Die Temperaturen betragen: (gleichmäßig verteilt auf die 4 Kerne)

Windows IDLE: 39 Grad
Guild Wars 2 (maximale Einstellungen): 65-69 Grad
Prime95 Stresstest: 99 Grad

Ich denke mal dass diese Temperaturen viel zu hoch sind, kann mir aber nicht erklären woran es liegt. Muss aber auch dazu sagen dass ich die Montage des Lüfters etwas verwirrend fand, hier mal die Anleitung dazu: http://www.alpenfoehn.de/images/Produkte/Installationsanleitungen/ManualBenNevisFinal.pdf

Habe also diesen AMD Montagesteg abgeschraubt und die Intel Montagestegs angeschraubt. Dann die Backplate auf der Rückseite des Mainboards angebracht, CPU in den Sockel eingesetzt, einen Klecks Wärmeleitpaste in die Mitte gesetzt und den Kühler darauf montiert. Die Schrauben habe ich gleichmäßig angezogen, der Kühler sitzt fest und d reht sich auch.

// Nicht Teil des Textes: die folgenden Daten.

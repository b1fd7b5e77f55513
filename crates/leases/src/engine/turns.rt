//! Answers what workers call: turns go out and come back.
ghost use Rattle.std.specs.Prelude.{◌≡◌, ◌≢◌, ◌+◌, ◌<◌, ◌≤◌, Err, IfErr, None, Ok, OnOk, false};
ghost use Rattle.std.specs.Prelude.{true};
ghost use Rattle.reference.specs.declared.fault.Fault.TheVariants.{BadLimit, OutOfMemory};
ghost use Rattle.reference.specs.declared.fault.Fault.TheVariants.{TooManyLeases};
ghost use Rattle.run_queue.specs.Slots.{first_of};
ghost use Rattle.laws_engine.specs.Promises.{HasAllWaiting, KeepsItsPromises};
ghost use Rattle.leases.specs.Drains.{LeavesOthers, RanOutBelow, RunsTurns, as_drained};
ghost use Rattle.leases.specs.Shown.{engine_in};
ghost use Rattle.leases.specs.Turns.{Abandons, Finishes, HasReady, Leases};
ghost use Rattle.leases.specs.Whole.{HasNumbers, IsWhole};
ghost use Rattle.leases.specs.declared.leased.Leased.TheVariants.{Idle};

use crate::engine::Engine;
use crate::leased::Leased;
use reference::Fault;
use turn::Done;

impl Engine {
    /// Hands out a turn of an operator of greatest slope, among those that may take something. Ties
    /// go to the earliest instant, then to the lowest number of a query, then of an operator. A
    /// join takes from its left side where both may be taken.
    ///
    /// The turn has at most `rows` rows of one instant, or a tick; `rows` is 1 to 1,024. They wait
    /// on until the turn is finished. It costs these rows, the excerpt of the operator's state that
    /// they need, and look-ups.
    ///
    /// # Errors
    /// `BadLimit` if `rows` is out of range. If an operator may take something: `TooManyLeases` if
    /// 64 turns are out or all numbers of turns were given, `OutOfMemory` when out of memory. Then
    /// nothing has changed.
    ///
    /// Example: `turns_run_until_none_is_left` in crates/uses/src/engine.rt.
    #[tactic(auto, using(crate::proofs::MachineLemmas::leases_keep_the_machine))]
    pub fn lease(&mut self, rows: u32) -> Result<Leased, Fault>
        ensures leases { Leases (engine_in self.old) rows result (engine_in self.new) }
        ensures machine { (engine_in self.new).machine ≡ (engine_in self.old).machine }
        ensures idle { result ≡ Ok Idle → HasAllWaiting (engine_in self.new) }
        ensures promises { KeepsItsPromises (engine_in self.new) }
    {
        self.state.lease(rows)
    }

    /// Takes back a turn that was run. Its item leaves its queue. Its output goes on to the next
    /// operator, or from the root to the waiting answers.
    ///
    /// # Errors
    /// `UnknownLease` if no turn of its number is out; `Stranger` if that turn has another
    /// operator, item or excerpt. Then nothing has changed.
    ///
    /// `OutOfMemory` when out of memory; then the turn's query is broken. All turns of that query
    /// end, and none of its operators is ready again. Its waiting answers can still be taken.
    ///
    /// Example: `a_turn_goes_out_and_comes_back` in crates/uses/src/engine.rt.
    #[tactic(auto, using(crate::proofs::MachineLemmas::finishes_keep_the_machine))]
    pub fn finish(&mut self, done: Done) -> Result<(), Fault>
        ensures finishes { Finishes (engine_in self.old) done result (engine_in self.new) }
        ensures machine { (engine_in self.new).machine ≡ (engine_in self.old).machine }
        ensures promises { KeepsItsPromises (engine_in self.new) }
    {
        self.state.finish(done)
    }

    /// Gives up the turn with this number: it does not come back, and its operator may be leased
    /// again. Takes no memory.
    ///
    /// # Errors
    /// `UnknownLease` if no turn of the number is out; then nothing has changed.
    ///
    /// Example: `a_turn_is_given_up` in crates/uses/src/engine.rt.
    #[tactic(auto, using(crate::proofs::MachineLemmas::abandons_keep_the_machine))]
    pub fn abandon(&mut self, lease: u64) -> Result<(), Fault>
        ensures abandons { Abandons (engine_in self.old) lease result (engine_in self.new) }
        ensures machine { (engine_in self.new).machine ≡ (engine_in self.old).machine }
        ensures promises { KeepsItsPromises (engine_in self.new) }
    {
        self.state.abandon(lease)
    }

    /// Runs at most `turns` turns in place, one after the other, as `drain` does. Returns whether
    /// an operator may still take something: if so, all `turns` turns have run, each with one
    /// number. A query that passes instants at which it has nothing to do counts as one turn.
    /// `rows` limits the rows of each turn: 1 to 1,024.
    ///
    /// Call it until it answers `false`, and let others have the engine in between. With `turns` 0
    /// it only looks. It costs as much as the turns that run.
    ///
    /// # Errors
    /// `BadLimit` if `rows` is out of range; then nothing has changed. `TooManyLeases` if 64 turns
    /// are out or all numbers of turns were given. `OutOfMemory` when out of memory: the turn that
    /// needed it did nothing, or it took fewer rows. Both come only if an operator could take
    /// something and a turn was left of the `turns`. One of fewer rows counts as one, and then
    /// maybe nothing is ready. The turns before stay.
    ///
    /// Example: `a_drain_stops_after_some_turns` in crates/uses/src/engine.rt.
    pub fn drain_some(&mut self, rows: u32, turns: u64) -> Result<bool, Fault>
        ensures runs { RunsTurns (engine_in self.old) rows (as_drained result)
            (engine_in self.new) }
        ensures most { (engine_in self.new).next ≤ (engine_in self.old).next + turns }
        ensures some { turns ≢ 0 → HasReady (engine_in self.old)
            → OnOk result ((engine_in self.old).next < (engine_in self.new).next) }
        ensures more { result ≡ Ok true → HasReady (engine_in self.new) }
        ensures last { result ≡ Ok true
            → (engine_in self.new).next ≡ (engine_in self.old).next + turns }
        ensures idle { result ≡ Ok false → first_of (engine_in self.new).slots ≡ None }
        ensures all { result ≡ Ok false → HasAllWaiting (engine_in self.new) }
        ensures fewer { result ≡ Err TooManyLeases
            → (engine_in self.new).next < (engine_in self.old).next + turns }
        ensures below { result ≡ Err OutOfMemory → RanOutBelow rows
            ((engine_in self.old).next + turns) (engine_in self.old) (engine_in self.new) }
        ensures looks { turns ≡ 0 → (engine_in self.new ≡ engine_in self.old)
            × IfErr result (λ fault. fault ≡ BadLimit) }
        ensures others { LeavesOthers (engine_in self.old) (engine_in self.new) }
        ensures machine { (engine_in self.new).machine ≡ (engine_in self.old).machine }
        ensures stays_whole { IsWhole self.old → IsWhole self.new }
        ensures spent { HasNumbers self.new → HasNumbers self.old }
        ensures promises { KeepsItsPromises (engine_in self.new) }
    {
        self.state.drain_some(rows, turns)
    }
}
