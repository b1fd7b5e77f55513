//! Shows what is kept of streams, and copies what a forgetting would leave.
ghost use Rattle.std.specs.Prelude.{◌≡◌, IfErr, IfOk};
ghost use Rattle.reference.specs.declared.fault.Fault.TheVariants.{OutOfMemory};
ghost use Rattle.laws_engine.specs.Openings.{forgotten};
ghost use Rattle.leases.specs.Forgets.{kept_at};
ghost use Rattle.leases.specs.Openings.{opening_in};
ghost use Rattle.leases.specs.Shown.{engine_in};

use crate::engine::Engine;
use crate::opening::Opening;
use reference::Fault;

impl Engine {
    /// Returns how many rows of the stream with this number are kept, closed or open. Takes no
    /// memory.
    ///
    /// # Errors
    /// `UnknownStream` if there is no such stream.
    ///
    /// Example: `a_forget_keeps_what_queries_need` in crates/uses/src/engine.rt.
    pub fn kept(&self, stream: u64) -> Result<u64, Fault>
        ensures { result ≡ kept_at (engine_in self.now).machine stream }
    {
        match self.state.streams.kept(stream) {
            Some(rows) => Ok(rows as u64),
            None => Err(Fault::UnknownStream),
        }
    }

    /// Copies what `forget` leaves: the streams with the rows that queries need, and the queries.
    /// Each query has its waiting answers and the instant from which it goes on.
    ///
    /// # Errors
    /// `OutOfMemory` when out of memory.
    ///
    /// Example: `an_opening_shows_what_a_forget_leaves` in crates/uses/src/engine.rt.
    pub fn opening(&self) -> Result<Opening, Fault>
        ensures opening { IfOk result (λ o.
            opening_in o ≡ (forgotten (engine_in self.now)).machine) }
        ensures want { IfErr result (λ f. f ≡ OutOfMemory) }
    {
        Ok(self.state.opening()?)
    }
}
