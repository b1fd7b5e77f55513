//! Makes an empty engine, and shows its turns, answers and queues.
ghost use Rattle.std.specs.Prelude.{◌≡◌, ◌↔◌, IsTrue, length};
ghost use Rattle.reference.specs.Looks.{NeedsWhole, Sees, look_at, look_of, peek_rows, seen_in};
ghost use Rattle.reference.specs.Looks.{seen_of, show_plan, show_status};
ghost use Rattle.reference.specs.World.{Looks};
ghost use Rattle.laws_engine.specs.Promises.{KeepsItsPromises};
ghost use Rattle.leases.specs.Looks.{IsPending, Shows, WaitsAt};
ghost use Rattle.leases.specs.Shown.{engine_in, world_in};
ghost use Rattle.leases.specs.Turns.{HasReady};
ghost use Rattle.leases.specs.Views.{empty_engine};
ghost use Rattle.leases.specs.Whole.{IsWhole};
ghost use Rattle.reference.specs.World as world;

use crate::engine::Engine;
use crate::state::EngineState;
use reference::{Answering, Fault, Look, Seen};
use std::alloc::Global;

impl Engine {
    /// Makes an engine with no stream and no query. Takes no memory.
    ///
    /// Example: `an_engine_answers_a_query` in crates/uses/src/engine.rt.
    pub fn new(alloc: Global) -> Engine
        ensures empty { engine_in result ≡ empty_engine }
        ensures world { world_in result ≡ world.empty }
        ensures whole { IsWhole result }
        ensures promises { KeepsItsPromises (engine_in result) }
    {
        Engine {
            state: EngineState::new(alloc),
        }
    }

    /// Returns how many turns are out. Takes no memory.
    ///
    /// Example: `a_turn_goes_out_and_comes_back` in crates/uses/src/engine.rt.
    pub fn leases_out(&self) -> usize
        ensures { result ≡ length (engine_in self.now).leases }
    {
        self.state.leases.len()
    }

    /// Returns whether an operator may take something, so that a lease would find one. Takes no
    /// memory.
    ///
    /// Example: `a_drain_stops_after_some_turns` in crates/uses/src/engine.rt.
    pub fn has_ready(&self) -> bool
        ensures { IsTrue result ↔ HasReady (engine_in self.now) }
    {
        self.state.any_ready()
    }

    /// Returns the number that the next stream gets: how many were declared. Takes no memory.
    ///
    /// Example: `a_name_leads_to_a_number` in crates/uses/src/engine.rt.
    pub fn next_stream(&self) -> u64
        ensures { result ≡ length (engine_in self.now).machine.streams }
    {
        self.state.next_stream()
    }

    /// Returns the number that the next query gets: how many were registered, also of those that
    /// were dropped. Takes no memory.
    ///
    /// Example: `a_name_leads_to_a_number` in crates/uses/src/engine.rt.
    pub fn next_query(&self) -> u64
        ensures { result ≡ length (engine_in self.now).machine.queries }
    {
        self.state.next_query()
    }

    /// Returns how many answers of the query with this number wait. The answers already taken,
    /// followed by these, are a prefix of CQL's answers. Takes no memory.
    ///
    /// # Errors
    /// `UnknownQuery` if there is no such query, or it was dropped.
    ///
    /// Example: `a_take_returns_the_first_answers` in crates/uses/src/engine.rt.
    pub fn waiting(&self, query: u64) -> Result<usize, Fault>
        ensures waiting { WaitsAt (engine_in self.now) query result }
        ensures promises { KeepsItsPromises (engine_in self.now) }
    {
        self.state.waiting(query)
    }

    /// Returns how much waits in each queue of a query; a row and a tick count as one each. The
    /// queues come by the operators' numbers, a join's left queue first. Nothing waits in those of
    /// a broken query.
    ///
    /// # Errors
    /// `UnknownQuery` if there is no such query, or it was dropped; `OutOfMemory` when out of
    /// memory.
    ///
    /// Example: `queues_hold_rows_and_ticks` in crates/uses/src/engine.rt.
    pub fn pending(&self, query: u64) -> Result<Vec<u128>, Fault>
        ensures { IsPending (λ v. v.items) (engine_in self.now) query result }
    {
        self.state.pending(query)
    }
    /// Returns what a look sees.
    pub(super) fn seen(&self, look: &Look) -> Result<Seen, Fault>
        ensures looks { (NeedsWhole (look_of look.now) → IsWhole self.now)
            → Looks seen_of (look_at (world_in self.now) (look_of look.now)) result }
        ensures sees { Sees (world_in self.now) (look_of look.now) (seen_in result) }
        ensures shows { Shows (engine_in self.now) (look_of look.now) (seen_in result) }
    {
        match look {
            Look::Peek { query, limit } => self.peek_named(query.as_str(), *limit),
            Look::Plan { query } => self.slopes_named(query.as_str()),
            Look::Status => self.status_seen(),
        }
    }

    /// Returns what a take of the query with this name would return.
    fn peek_named(&self, query: &str, limit: i64) -> Result<Seen, Fault>
        ensures looks { IsWhole self.now
            → Looks seen_of (look_at (world_in self.now) (peek_rows query.now limit)) result }
        ensures sees { Sees (world_in self.now) (peek_rows query.now limit) (seen_in result) }
        ensures shows { Shows (engine_in self.now) (peek_rows query.now limit) (seen_in result) }
    {
        match self.query_named(query) {
            Some(number) => Ok(Seen::Answers(self.peek(number, limit)?)),
            None => Err(Fault::UnknownQuery),
        }
    }

    /// Returns what each operator of the query with this name does, and its slope.
    fn slopes_named(&self, query: &str) -> Result<Seen, Fault>
        ensures looks { Looks seen_of (look_at (world_in self.now) (show_plan query.now)) result }
        ensures shows { Shows (engine_in self.now) (show_plan query.now) (seen_in result) }
    {
        match self.query_named(query) {
            Some(number) => Ok(Seen::Operators(self.slopes(number)?)),
            None => Err(Fault::UnknownQuery),
        }
    }

    /// Returns how far each stream and each undropped query is.
    fn status_seen(&self) -> Result<Seen, Fault>
        ensures looks { IsWhole self.now
            → Looks seen_of (look_at (world_in self.now) show_status) result }
        ensures sees { Sees (world_in self.now) show_status (seen_in result) }
        ensures shows { Shows (engine_in self.now) show_status (seen_in result) }
    {
        match self.status() {
            Ok(status) => Ok(Seen::Status(status)),
            Err(fault) => Err(fault),
        }
    }
}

Sollte so doch richtig sein, oder?

Weiß nun nicht was ich falsch gemacht habe. Kann es noch an irgendwelchen Einstellungen liegen oder liegt der Fehler in der Montage? (zu wenig WLP, Kühler nicht richtig drauf usw) Macht es einen Unterschied ob der Rechner geschlossen oder offen ist? Hatte gestern getestet als die Seitenwand noch offen war.

Bin für jede Hilfe dankbar. 

Gruß
Asharad


----------



## nWo-Wolfpac (11. Februar 2016)

*AW: 100 Grad unter Prime95 mit Intel Xeon E3-1231v3 4x und Alpenföhn Ben Nevis*

Die Temperaturen finde ich ungewöhnlich hoch, womit liest du die Temperaturen aus ?
70 Grad beim zocken ist echt sehr viel, von Prime ganz zu schweigen.


----------



## Oachkatze (11. Februar 2016)

*AW: 100 Grad unter Prime95 mit Intel Xeon E3-1231v3 4x und Alpenföhn Ben Nevis*

Mit wieviel umdrehungen dreht den der lüfter ?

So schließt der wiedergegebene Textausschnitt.